EXTRACTED INFORMATION –

*** Block opens ***

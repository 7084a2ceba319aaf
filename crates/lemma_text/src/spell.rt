//! The text of a piece, with no memory.
ghost use Rattle.std.specs.Prelude.{◌≡◌, ◌≤◌, ◌+◌, ◌++◌, [], ◌∷◌, length, codes, cond};
ghost use Rattle.std.specs.Fmt.{decimal, signed_decimal};
ghost use Rattle.proof_tree.specs.Text.{place_text, range_text};
ghost use Rattle.lemma_list.specs.declared.lemma.Ending.TheVariants.{Lost as LostEnding};
ghost use Rattle.lemma_text.specs.Text.{head_text, loser_text, step_text, ending_text};
ghost use Rattle.lemma_text.specs.Items.{item_text, end_text};

use crate::item::Item;
use arrayvec::ArrayString;
use itoa::{Buffer, Integer};
use lemma_list::{Reason, Step};
use qc_model::Kind;

/// Room for the text of a piece: four numbers, of up to 40 bytes each, and what stands between them.
pub const ROOM: usize = 168;

/// Writes the text of a piece in place of what was there.
pub fn spell_item(text: &mut ArrayString<ROOM>, item: Item)
    ensures { text.new.bytes ≡ item_text item }
{
    text.clear();
    match item {
        Item::Head { loser } => text.push_str(head(loser)),
        Item::Lemma { loser, bare } => {
            text.push_str(letter(loser));
            text.push_str(end(bare));
        }
        Item::Literal { literal, last } => {
            push_place(text, u64::from(literal.x.0));
            text.push_str(" ");
            push_range(text, literal.lo, literal.hi);
            text.push_str(end(last));
        }
        Item::Sum(sum) => {
            text.push_str("u ");
            push_place(text, u64::from(sum.c.0));
            text.push_str(" ");
            push_range(text, sum.lo, sum.hi);
            text.push_str("\n");
        }
        Item::Step(step) => push_step(text, step),
        Item::Lost(by) => push_lost(text, by),
        Item::Goal => text.push_str("g\n"),
        Item::Forget(lemma) => {
            text.push_str("d ");
            push_place(text, u64::from(lemma.0));
            text.push_str("\n");
        }
    }
}

fn head(loser: Kind) -> &'static str
    ensures { result.now ≡ head_text loser }
{
    match loser {
        Kind::Exists => "qcert 3\nfalse\n",
        Kind::Forall => "qcert 3\ntrue\n",
    }
}

fn letter(loser: Kind) -> &'static str
    ensures { result.now ≡ loser_text loser }
{
    match loser {
        Kind::Exists => "l",
        Kind::Forall => "w",
    }
}

fn end(last: bool) -> &'static str
    ensures { result.now ≡ end_text last }
{
    if last { "\n" } else { " " }
}

fn push_step(text: &mut ArrayString<ROOM>, step: Step)
    requires { text.old.bytes ≡ [] }
    ensures { text.new.bytes ≡ step_text step }
{
    match step {
        Step::Cut {
            x,
            lo,
            hi,
            by: Reason::Constraint(c),
        } => {
            text.push_str("p ");
            push_place(text, u64::from(x.0));
            text.push_str(" ");
            push_range(text, lo, hi);
            text.push_str(" ");
            push_place(text, u64::from(c.0));
            text.push_str("\n");
        }
        Step::Cut {
            x,
            lo,
            hi,
            by: Reason::Lemma(lemma),
        } => {
            text.push_str("q ");
            push_place(text, u64::from(x.0));
            text.push_str(" ");
            push_range(text, lo, hi);
            text.push_str(" ");
            push_place(text, u64::from(lemma.0));
            text.push_str("\n");
        }
        Step::Choose { x, v } => {
            text.push_str("c ");
            push_place(text, u64::from(x.0));
            text.push_str(" ");
            push_number(text, v);
            text.push_str("\n");
        }
    }
}

fn push_lost(text: &mut ArrayString<ROOM>, by: Reason)
    requires { text.old.bytes ≡ [] }
    ensures { text.new.bytes ≡ ending_text (LostEnding by) }
{
    match by {
        Reason::Constraint(c) => {
            text.push_str("f ");
            push_place(text, u64::from(c.0));
            text.push_str("\n");
        }
        Reason::Lemma(lemma) => {
            text.push_str("a ");
            push_place(text, u64::from(lemma.0));
            text.push_str("\n");
        }
    }
}

fn push_range(text: &mut ArrayString<ROOM>, lo: i64, hi: i64)
    requires room { length text.old.bytes + 81 ≤ 168 }
    ensures bytes { text.new.bytes ≡ text.old.bytes ++ range_text lo hi }
    ensures short { length text.new.bytes ≤ length text.old.bytes + 81 }
{
    push_number(text, lo);
    text.push_str(" ");
    push_number(text, hi);
}

// A number that the text counts from 1.
fn push_place(text: &mut ArrayString<ROOM>, k: u64)
    requires small { k ≤ 4294967295 }
    requires room { length text.old.bytes + 40 ≤ 168 }
    ensures bytes { text.new.bytes ≡ text.old.bytes ++ place_text k }
    ensures short { length text.new.bytes ≤ length text.old.bytes + 40 }
{
    push_number(text, k + 1);
}

fn push_number<I: Integer>(text: &mut ArrayString<ROOM>, number: I)
    requires room { length text.old.bytes + 40 ≤ 168 }
    ensures bytes { text.new.bytes ≡ text.old.bytes ++ I.text number }
    ensures short { length text.new.bytes ≤ length text.old.bytes + 40 }
{
    let mut buffer = Buffer::new();
    text.push_str(buffer.format(number));
}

*** Block closes ***

TASK PROMPT – Retype the whole listing above exactly as it appears.

TASK RESULT –
repository 7084a2ceba319aaf
filename crates/lemma_text/src/spell.rt
//! The text of a piece, with no memory.
ghost use Rattle.std.specs.Prelude.{◌≡◌, ◌≤◌, ◌+◌, ◌++◌, [], ◌∷◌, length, codes, cond};
ghost use Rattle.std.specs.Fmt.{decimal, signed_decimal};
ghost use Rattle.proof_tree.specs.Text.{place_text, range_text};
ghost use Rattle.lemma_list.specs.declared.lemma.Ending.TheVariants.{Lost as LostEnding};
ghost use Rattle.lemma_text.specs.Text.{head_text, loser_text, step_text, ending_text};
ghost use Rattle.lemma_text.specs.Items.{item_text, end_text};

use crate::item::Item;
use arrayvec::ArrayString;
use itoa::{Buffer, Integer};
use lemma_list::{Reason, Step};
use qc_model::Kind;

/// Room for the text of a piece: four numbers, of up to 40 bytes each, and what stands between them.
pub const ROOM: usize = 168;

/// Writes the text of a piece in place of what was there.
pub fn spell_item(text: &mut ArrayString<ROOM>, item: Item)
    ensures { text.new.bytes ≡ item_text item }
{
    text.clear();
    match item {
        Item::Head { loser } => text.push_str(head(loser)),
        Item::Lemma { loser, bare } => {
            text.push_str(letter(loser));
            text.push_str(end(bare));
        }
        Item::Literal { literal, last } => {
            push_place(text, u64::from(literal.x.0));
            text.push_str(" ");
            push_range(text, literal.lo, literal.hi);
            text.push_str(end(last));
        }
        Item::Sum(sum) => {
            text.push_str("u ");
            push_place(text, u64::from(sum.c.0));
            text.push_str(" ");
            push_range(text, sum.lo, sum.hi);
            text.push_str("\n");
        }
        Item::Step(step) => push_step(text, step),
        Item::Lost(by) => push_lost(text, by),
        Item::Goal => text.push_str("g\n"),
        Item::Forget(lemma) => {
            text.push_str("d ");
            push_place(text, u64::from(lemma.0));
            text.push_str("\n");
        }
    }
}

fn head(loser: Kind) -> &'static str
    ensures { result.now ≡ head_text loser }
{
    match loser {
        Kind::Exists => "qcert 3\nfalse\n",
        Kind::Forall => "qcert 3\ntrue\n",
    }
}

fn letter(loser: Kind) -> &'static str
    ensures { result.now ≡ loser_text loser }
{
    match loser {
        Kind::Exists => "l",
        Kind::Forall => "w",
    }
}

fn end(last: bool) -> &'static str
    ensures { result.now ≡ end_text last }
{
    if last { "\n" } else { " " }
}

fn push_step(text: &mut ArrayString<ROOM>, step: Step)
    requires { text.old.bytes ≡ [] }
    ensures { text.new.bytes ≡ step_text step }
{
    match step {
        Step::Cut {
            x,
            lo,
            hi,
            by: Reason::Constraint(c),
        } => {
            text.push_str("p ");
            push_place(text, u64::from(x.0));
            text.push_str(" ");
            push_range(text, lo, hi);
            text.push_str(" ");
            push_place(text, u64::from(c.0));
            text.push_str("\n");
        }
        Step::Cut {
            x,
            lo,
            hi,
            by: Reason::Lemma(lemma),
        } => {
            text.push_str("q ");
            push_place(text, u64::from(x.0));
            text.push_str(" ");
            push_range(text, lo, hi);
            text.push_str(" ");
            push_place(text, u64::from(lemma.0));
            text.push_str("\n");
        }
        Step::Choose { x, v } => {
            text.push_str("c ");
            push_place(text, u64::from(x.0));
            text.push_str(" ");
            push_number(text, v);
            text.push_str("\n");
        }
    }
}

fn push_lost(text: &mut ArrayString<ROOM>, by: Reason)
    requires { text.old.bytes ≡ [] }
    ensures { text.new.bytes ≡ ending_text (LostEnding by) }
{
    match by {
        Reason::Constraint(c) => {
            text.push_str("f ");
            push_place(text, u64::from(c.0));
            text.push_str("\n");
        }
        Reason::Lemma(lemma) => {
            text.push_str("a ");
            push_place(text, u64::from(lemma.0));
            text.push_str("\n");
        }
    }
}

fn push_range(text: &mut ArrayString<ROOM>, lo: i64, hi: i64)
    requires room { length text.old.bytes + 81 ≤ 168 }
    ensures bytes { text.new.bytes ≡ text.old.bytes ++ range_text lo hi }
    ensures short { length text.new.bytes ≤ length text.old.bytes + 81 }
{
    push_number(text, lo);
    text.push_str(" ");
    push_number(text, hi);
}

// A number that the text counts from 1.
fn push_place(text: &mut ArrayString<ROOM>, k: u64)
    requires small { k ≤ 4294967295 }
    requires room { length text.old.bytes + 40 ≤ 168 }
    ensures bytes { text.new.bytes ≡ text.old.bytes ++ place_text k }
    ensures short { length text.new.bytes ≤ length text.old.bytes + 40 }
{
    push_number(text, k + 1);
}

fn push_number<I: Integer>(text: &mut ArrayString<ROOM>, number: I)
    requires room { length text.old.bytes + 40 ≤ 168 }
    ensures bytes { text.new.bytes ≡ text.old.bytes ++ I.text number }
    ensures short { length text.new.bytes ≤ length text.old.bytes + 40 }
{
    let mut buffer = Buffer::new();
    text.push_str(buffer.format(number));
}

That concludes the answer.